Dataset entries
^^^^^^^^^^^^^^^^

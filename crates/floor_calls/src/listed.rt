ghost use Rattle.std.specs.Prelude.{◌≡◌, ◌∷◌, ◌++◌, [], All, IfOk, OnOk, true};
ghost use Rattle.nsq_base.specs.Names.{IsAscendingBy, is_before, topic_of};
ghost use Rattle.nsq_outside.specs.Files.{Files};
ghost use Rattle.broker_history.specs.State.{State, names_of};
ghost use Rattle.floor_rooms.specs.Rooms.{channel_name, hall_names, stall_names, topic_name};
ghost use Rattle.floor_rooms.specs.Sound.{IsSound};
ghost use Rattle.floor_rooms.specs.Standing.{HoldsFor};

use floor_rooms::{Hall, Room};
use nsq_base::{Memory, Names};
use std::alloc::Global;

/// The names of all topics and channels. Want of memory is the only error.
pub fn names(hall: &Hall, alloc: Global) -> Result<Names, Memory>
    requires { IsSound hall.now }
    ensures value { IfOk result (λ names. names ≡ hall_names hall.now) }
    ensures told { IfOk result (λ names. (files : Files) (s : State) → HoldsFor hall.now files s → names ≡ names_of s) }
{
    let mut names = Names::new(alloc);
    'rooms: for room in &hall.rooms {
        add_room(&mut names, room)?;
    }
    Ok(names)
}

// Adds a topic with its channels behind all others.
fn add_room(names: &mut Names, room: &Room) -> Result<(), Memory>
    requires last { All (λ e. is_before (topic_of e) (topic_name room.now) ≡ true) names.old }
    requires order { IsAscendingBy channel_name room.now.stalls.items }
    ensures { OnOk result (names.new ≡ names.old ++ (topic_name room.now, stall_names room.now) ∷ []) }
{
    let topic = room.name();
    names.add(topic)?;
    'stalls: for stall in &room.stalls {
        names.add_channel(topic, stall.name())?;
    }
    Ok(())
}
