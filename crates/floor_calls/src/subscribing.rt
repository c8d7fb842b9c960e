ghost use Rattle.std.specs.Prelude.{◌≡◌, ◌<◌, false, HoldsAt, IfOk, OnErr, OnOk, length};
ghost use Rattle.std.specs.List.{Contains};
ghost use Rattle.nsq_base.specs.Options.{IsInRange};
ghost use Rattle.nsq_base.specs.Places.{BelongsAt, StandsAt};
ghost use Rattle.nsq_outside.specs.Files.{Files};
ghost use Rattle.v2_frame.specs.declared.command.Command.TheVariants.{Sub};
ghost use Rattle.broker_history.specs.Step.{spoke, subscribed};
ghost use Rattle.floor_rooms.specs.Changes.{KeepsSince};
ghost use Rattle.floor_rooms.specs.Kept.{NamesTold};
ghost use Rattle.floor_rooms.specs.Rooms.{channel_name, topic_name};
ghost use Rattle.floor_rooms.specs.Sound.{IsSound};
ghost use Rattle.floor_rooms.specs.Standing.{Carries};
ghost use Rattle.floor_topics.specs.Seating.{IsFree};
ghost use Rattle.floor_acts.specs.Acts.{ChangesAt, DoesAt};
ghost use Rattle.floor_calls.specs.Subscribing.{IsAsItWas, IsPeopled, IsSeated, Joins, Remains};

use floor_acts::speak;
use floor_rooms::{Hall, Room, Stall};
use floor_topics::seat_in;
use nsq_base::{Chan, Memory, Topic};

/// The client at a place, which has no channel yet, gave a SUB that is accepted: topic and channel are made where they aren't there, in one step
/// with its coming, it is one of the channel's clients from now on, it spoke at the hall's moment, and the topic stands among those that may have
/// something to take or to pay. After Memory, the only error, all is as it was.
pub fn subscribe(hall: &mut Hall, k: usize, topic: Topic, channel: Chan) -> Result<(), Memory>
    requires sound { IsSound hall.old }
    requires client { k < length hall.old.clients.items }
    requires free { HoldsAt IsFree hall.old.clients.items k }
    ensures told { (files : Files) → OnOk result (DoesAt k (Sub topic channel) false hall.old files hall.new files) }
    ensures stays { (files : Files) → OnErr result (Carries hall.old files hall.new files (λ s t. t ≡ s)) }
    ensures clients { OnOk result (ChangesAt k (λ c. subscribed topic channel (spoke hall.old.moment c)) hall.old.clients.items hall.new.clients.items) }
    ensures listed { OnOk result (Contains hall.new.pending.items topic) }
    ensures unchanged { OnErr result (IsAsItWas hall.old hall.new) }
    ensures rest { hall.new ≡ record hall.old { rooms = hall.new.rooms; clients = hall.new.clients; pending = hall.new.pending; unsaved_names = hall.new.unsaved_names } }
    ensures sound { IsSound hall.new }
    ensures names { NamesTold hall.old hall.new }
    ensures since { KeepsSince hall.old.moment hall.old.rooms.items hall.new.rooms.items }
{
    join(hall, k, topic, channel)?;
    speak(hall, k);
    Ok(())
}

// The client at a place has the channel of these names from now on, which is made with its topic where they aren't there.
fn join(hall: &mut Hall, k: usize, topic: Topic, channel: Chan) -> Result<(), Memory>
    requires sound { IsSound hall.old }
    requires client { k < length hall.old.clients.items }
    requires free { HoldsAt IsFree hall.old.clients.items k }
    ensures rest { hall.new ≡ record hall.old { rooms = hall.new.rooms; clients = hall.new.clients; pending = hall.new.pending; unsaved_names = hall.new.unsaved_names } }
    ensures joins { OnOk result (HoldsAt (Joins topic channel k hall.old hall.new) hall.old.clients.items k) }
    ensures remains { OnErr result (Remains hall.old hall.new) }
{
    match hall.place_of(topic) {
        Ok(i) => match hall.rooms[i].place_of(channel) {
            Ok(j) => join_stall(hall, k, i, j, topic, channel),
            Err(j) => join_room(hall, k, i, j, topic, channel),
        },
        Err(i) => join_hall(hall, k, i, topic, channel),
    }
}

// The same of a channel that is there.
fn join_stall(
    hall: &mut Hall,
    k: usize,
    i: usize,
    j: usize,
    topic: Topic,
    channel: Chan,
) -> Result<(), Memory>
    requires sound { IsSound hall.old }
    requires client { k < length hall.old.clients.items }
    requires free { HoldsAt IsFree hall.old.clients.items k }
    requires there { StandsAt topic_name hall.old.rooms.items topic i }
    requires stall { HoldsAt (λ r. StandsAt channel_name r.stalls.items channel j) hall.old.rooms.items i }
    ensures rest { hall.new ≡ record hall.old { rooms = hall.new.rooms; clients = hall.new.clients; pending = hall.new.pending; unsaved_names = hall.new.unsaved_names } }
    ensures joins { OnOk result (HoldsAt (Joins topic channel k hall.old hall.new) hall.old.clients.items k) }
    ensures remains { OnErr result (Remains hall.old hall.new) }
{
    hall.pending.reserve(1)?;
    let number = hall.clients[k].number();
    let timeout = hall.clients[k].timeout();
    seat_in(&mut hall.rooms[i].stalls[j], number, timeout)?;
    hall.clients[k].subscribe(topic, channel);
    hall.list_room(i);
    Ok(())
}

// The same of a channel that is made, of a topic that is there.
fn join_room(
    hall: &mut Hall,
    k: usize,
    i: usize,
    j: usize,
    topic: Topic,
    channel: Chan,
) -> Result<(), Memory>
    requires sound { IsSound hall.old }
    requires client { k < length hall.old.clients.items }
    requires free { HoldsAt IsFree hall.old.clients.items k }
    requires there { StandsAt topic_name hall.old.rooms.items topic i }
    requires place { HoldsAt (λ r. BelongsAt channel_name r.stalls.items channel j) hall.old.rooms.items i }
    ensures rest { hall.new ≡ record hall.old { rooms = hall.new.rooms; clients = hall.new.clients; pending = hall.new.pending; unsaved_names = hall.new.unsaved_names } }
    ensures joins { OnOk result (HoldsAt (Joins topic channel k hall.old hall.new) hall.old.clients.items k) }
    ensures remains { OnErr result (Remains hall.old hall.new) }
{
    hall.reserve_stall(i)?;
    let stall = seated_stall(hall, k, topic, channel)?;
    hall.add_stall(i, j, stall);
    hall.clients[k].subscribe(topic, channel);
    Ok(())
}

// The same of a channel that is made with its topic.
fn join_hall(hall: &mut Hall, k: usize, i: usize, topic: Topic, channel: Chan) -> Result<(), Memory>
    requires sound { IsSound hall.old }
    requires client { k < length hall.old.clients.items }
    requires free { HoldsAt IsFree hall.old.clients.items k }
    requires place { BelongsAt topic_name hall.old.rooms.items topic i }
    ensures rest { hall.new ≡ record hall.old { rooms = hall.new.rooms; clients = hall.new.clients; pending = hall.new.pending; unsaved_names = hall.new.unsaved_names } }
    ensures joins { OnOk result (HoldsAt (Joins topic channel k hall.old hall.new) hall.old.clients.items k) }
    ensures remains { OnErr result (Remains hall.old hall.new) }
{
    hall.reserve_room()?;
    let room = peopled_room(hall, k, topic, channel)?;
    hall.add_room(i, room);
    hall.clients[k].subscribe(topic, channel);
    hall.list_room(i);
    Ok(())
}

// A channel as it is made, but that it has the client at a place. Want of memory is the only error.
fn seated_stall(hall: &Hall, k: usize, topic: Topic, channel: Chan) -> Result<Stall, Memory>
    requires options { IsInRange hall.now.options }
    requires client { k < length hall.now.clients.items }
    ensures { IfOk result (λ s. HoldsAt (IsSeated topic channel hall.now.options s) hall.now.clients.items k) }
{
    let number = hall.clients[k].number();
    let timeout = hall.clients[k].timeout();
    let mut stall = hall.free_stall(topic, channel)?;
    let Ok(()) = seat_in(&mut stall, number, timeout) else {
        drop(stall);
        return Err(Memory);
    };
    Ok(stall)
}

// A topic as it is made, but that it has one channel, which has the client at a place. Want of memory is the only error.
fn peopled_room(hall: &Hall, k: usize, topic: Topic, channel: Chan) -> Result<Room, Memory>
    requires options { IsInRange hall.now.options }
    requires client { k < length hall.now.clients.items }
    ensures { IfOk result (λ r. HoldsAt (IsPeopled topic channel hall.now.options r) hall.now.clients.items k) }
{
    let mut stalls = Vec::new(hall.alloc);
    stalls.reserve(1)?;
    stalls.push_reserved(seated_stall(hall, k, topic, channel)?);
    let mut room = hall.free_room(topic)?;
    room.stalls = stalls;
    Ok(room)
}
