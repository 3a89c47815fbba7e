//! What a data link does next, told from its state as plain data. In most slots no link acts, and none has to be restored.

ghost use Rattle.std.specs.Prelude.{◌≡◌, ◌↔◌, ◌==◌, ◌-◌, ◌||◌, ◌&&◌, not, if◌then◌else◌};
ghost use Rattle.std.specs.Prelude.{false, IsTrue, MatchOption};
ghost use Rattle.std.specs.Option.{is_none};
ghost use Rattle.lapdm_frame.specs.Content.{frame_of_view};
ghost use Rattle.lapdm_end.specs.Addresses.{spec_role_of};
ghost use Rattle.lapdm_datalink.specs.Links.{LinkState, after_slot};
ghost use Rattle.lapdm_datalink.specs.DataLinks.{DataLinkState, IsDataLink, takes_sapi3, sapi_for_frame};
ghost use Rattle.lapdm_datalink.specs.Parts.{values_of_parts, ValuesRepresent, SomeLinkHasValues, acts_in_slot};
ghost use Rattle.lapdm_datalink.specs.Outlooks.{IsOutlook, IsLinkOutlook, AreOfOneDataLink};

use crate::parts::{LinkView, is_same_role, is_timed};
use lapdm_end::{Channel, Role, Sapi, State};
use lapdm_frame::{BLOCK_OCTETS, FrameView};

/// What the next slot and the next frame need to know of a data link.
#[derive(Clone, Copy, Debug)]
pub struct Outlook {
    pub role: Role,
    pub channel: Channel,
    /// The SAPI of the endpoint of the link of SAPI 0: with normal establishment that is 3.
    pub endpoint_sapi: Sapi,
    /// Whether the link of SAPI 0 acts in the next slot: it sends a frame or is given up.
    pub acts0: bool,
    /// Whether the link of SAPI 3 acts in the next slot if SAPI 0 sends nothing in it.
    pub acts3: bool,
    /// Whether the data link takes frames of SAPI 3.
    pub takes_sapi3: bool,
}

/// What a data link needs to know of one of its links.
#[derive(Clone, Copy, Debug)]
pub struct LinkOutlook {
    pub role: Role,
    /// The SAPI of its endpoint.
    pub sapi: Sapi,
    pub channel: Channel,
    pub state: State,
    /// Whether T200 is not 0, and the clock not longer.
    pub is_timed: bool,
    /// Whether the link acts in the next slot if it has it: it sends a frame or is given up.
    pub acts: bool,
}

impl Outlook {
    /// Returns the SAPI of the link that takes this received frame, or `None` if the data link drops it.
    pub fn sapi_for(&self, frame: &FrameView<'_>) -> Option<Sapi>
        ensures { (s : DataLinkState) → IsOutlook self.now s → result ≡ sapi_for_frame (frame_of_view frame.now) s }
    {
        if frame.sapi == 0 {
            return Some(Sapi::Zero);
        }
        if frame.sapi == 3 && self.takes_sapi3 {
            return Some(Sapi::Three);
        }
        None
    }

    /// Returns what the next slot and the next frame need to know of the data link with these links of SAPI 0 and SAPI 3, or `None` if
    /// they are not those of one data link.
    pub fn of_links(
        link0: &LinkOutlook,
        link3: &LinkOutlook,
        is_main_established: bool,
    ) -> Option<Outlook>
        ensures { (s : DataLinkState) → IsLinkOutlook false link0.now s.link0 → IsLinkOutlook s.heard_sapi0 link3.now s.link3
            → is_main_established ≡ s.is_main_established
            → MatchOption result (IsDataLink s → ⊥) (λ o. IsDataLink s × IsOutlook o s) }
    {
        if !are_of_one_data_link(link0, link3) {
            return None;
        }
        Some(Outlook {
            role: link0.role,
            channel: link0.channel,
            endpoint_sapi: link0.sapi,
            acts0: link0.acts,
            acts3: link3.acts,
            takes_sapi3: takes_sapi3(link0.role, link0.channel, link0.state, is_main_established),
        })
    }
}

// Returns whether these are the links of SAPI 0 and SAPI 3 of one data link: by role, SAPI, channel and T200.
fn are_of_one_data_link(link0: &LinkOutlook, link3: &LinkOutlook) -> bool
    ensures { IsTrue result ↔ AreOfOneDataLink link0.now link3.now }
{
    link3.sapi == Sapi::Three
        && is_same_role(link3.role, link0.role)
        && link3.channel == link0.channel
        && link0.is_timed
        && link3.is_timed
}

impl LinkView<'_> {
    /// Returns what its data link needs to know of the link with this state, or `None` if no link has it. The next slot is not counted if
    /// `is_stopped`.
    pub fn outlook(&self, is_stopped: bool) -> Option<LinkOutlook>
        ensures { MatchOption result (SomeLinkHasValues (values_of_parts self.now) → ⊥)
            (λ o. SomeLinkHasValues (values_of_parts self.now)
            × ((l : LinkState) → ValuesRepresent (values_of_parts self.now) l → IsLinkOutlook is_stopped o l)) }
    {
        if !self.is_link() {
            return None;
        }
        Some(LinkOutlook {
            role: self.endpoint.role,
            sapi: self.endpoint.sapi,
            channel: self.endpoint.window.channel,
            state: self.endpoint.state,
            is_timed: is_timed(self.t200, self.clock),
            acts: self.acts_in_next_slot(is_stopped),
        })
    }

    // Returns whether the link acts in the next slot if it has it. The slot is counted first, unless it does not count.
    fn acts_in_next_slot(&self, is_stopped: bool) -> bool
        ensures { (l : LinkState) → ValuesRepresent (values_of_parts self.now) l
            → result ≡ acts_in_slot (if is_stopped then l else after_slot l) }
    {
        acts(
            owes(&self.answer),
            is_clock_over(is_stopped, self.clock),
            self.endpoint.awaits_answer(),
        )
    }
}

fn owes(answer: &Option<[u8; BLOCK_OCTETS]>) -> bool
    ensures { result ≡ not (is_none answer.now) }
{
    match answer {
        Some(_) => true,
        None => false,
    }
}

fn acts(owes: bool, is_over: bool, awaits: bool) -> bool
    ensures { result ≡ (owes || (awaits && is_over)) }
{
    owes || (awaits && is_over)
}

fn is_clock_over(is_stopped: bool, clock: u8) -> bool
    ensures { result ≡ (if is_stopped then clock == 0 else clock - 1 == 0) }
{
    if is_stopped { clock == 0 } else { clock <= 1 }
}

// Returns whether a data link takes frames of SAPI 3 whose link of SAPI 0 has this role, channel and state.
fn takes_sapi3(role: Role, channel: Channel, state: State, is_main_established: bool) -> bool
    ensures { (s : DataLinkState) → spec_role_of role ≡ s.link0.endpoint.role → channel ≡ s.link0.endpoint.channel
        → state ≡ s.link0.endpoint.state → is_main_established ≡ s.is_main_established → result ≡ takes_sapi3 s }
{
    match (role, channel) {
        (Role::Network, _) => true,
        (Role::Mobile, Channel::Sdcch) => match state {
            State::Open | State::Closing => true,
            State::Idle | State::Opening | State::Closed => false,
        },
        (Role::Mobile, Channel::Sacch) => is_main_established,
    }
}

^^^^^^^^^^^^^^^^

=== Activity ===
When you reach the line that contains "(λ names. names", stop; output it and every line before it from the start of the data, exactly as written.

=== Response below ===
filename crates/floor_calls/src/listed.rt
ghost use Rattle.std.specs.Prelude.{◌≡◌, ◌∷◌, ◌++◌, [], All, IfOk, OnOk, true};
ghost use Rattle.nsq_base.specs.Names.{IsAscendingBy, is_before, topic_of};
ghost use Rattle.nsq_outside.specs.Files.{Files};
ghost use Rattle.broker_history.specs.State.{State, names_of};
ghost use Rattle.floor_rooms.specs.Rooms.{channel_name, hall_names, stall_names, topic_name};
ghost use Rattle.floor_rooms.specs.Sound.{IsSound};
ghost use Rattle.floor_rooms.specs.Standing.{HoldsFor};

use floor_rooms::{Hall, Room};
use nsq_base::{Memory, Names};
use std::alloc::Global;

/// The names of all topics and channels. Want of memory is the only error.
pub fn names(hall: &Hall, alloc: Global) -> Result<Names, Memory>
    requires { IsSound hall.now }
    ensures value { IfOk result (λ names. names ≡ hall_names hall.now) }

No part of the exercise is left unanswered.